**DESCRIPTION OF THE TASK**.
Report each line of the data that includes the word "greatest".

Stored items
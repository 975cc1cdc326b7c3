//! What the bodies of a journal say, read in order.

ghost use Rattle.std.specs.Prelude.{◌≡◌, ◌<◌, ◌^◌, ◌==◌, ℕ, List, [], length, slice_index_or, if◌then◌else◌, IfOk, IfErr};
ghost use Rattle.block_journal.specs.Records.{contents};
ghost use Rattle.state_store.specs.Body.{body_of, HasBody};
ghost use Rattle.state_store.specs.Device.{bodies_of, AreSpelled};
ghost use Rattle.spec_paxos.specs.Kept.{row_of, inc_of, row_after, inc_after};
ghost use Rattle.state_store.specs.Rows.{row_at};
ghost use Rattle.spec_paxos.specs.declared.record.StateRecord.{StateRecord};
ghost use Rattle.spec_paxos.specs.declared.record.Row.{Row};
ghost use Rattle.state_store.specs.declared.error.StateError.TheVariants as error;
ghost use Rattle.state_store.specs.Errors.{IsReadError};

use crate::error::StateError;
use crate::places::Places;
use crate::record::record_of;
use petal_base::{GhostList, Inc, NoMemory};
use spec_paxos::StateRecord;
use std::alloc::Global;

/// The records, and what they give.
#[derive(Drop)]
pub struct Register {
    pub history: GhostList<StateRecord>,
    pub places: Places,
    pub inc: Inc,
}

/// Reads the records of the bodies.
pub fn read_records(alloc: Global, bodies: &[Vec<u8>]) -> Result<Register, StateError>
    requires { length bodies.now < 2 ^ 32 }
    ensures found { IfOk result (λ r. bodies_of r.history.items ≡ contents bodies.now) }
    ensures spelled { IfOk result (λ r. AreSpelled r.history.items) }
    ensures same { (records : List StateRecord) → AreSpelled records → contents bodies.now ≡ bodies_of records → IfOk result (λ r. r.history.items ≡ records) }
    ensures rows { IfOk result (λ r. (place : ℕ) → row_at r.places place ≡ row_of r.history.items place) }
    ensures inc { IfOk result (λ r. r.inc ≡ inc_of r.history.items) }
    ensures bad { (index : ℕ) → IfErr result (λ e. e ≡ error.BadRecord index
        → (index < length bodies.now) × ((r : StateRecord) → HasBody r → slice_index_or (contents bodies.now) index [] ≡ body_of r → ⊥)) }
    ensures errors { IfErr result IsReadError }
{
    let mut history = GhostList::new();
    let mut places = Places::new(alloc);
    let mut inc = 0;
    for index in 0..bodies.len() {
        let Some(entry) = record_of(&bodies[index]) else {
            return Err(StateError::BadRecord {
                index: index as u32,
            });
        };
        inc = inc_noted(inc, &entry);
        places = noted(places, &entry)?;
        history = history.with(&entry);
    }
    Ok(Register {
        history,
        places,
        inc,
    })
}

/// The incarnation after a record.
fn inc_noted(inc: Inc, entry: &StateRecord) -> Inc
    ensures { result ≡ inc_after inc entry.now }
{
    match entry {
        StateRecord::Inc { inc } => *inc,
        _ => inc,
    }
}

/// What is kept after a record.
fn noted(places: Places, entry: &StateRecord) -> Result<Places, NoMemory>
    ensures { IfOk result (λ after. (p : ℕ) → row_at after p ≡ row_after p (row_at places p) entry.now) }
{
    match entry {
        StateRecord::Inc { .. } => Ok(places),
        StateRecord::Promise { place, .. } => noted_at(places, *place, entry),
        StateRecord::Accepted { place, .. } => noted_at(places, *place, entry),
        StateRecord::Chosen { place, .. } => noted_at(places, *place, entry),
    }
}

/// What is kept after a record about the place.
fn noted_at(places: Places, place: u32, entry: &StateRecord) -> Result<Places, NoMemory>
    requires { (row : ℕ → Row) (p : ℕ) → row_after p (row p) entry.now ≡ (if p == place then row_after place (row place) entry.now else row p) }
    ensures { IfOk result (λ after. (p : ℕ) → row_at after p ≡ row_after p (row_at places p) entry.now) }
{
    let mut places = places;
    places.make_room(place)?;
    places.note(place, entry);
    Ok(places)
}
--
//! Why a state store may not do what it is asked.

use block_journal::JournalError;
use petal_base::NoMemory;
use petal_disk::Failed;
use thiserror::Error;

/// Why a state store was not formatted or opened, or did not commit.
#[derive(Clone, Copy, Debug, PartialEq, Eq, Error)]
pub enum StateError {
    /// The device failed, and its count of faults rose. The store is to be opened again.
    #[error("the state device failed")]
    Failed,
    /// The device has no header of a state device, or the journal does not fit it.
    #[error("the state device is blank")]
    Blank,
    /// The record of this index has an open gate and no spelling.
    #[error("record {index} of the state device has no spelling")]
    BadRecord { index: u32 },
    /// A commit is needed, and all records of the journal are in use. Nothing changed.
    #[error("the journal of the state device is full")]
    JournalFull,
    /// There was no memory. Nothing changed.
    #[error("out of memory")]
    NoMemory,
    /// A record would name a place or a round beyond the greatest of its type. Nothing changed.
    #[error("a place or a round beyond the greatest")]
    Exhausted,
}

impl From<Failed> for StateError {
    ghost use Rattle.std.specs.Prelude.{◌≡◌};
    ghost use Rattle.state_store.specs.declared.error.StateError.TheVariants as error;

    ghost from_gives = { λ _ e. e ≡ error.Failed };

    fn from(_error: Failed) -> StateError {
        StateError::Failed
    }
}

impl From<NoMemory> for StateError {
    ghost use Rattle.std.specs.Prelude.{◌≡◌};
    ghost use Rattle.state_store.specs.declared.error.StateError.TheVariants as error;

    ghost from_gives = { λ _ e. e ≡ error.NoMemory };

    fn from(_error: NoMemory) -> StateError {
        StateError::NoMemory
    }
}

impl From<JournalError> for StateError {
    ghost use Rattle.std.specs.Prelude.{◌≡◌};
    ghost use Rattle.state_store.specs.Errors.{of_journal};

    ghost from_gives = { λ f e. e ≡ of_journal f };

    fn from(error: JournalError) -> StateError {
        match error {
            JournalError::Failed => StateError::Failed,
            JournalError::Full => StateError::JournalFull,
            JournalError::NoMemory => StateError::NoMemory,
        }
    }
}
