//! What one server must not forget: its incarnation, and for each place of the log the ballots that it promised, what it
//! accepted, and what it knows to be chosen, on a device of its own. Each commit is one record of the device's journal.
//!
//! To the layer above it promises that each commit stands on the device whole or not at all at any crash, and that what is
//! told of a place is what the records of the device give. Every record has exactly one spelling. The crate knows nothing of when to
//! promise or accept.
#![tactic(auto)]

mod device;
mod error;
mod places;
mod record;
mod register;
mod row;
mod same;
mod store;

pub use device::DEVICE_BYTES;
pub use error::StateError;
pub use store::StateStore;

**SOLUTION**.
    /// A record would name a place or a round beyond the greatest of its type. Nothing changed.
    #[error("a place or a round beyond the greatest")]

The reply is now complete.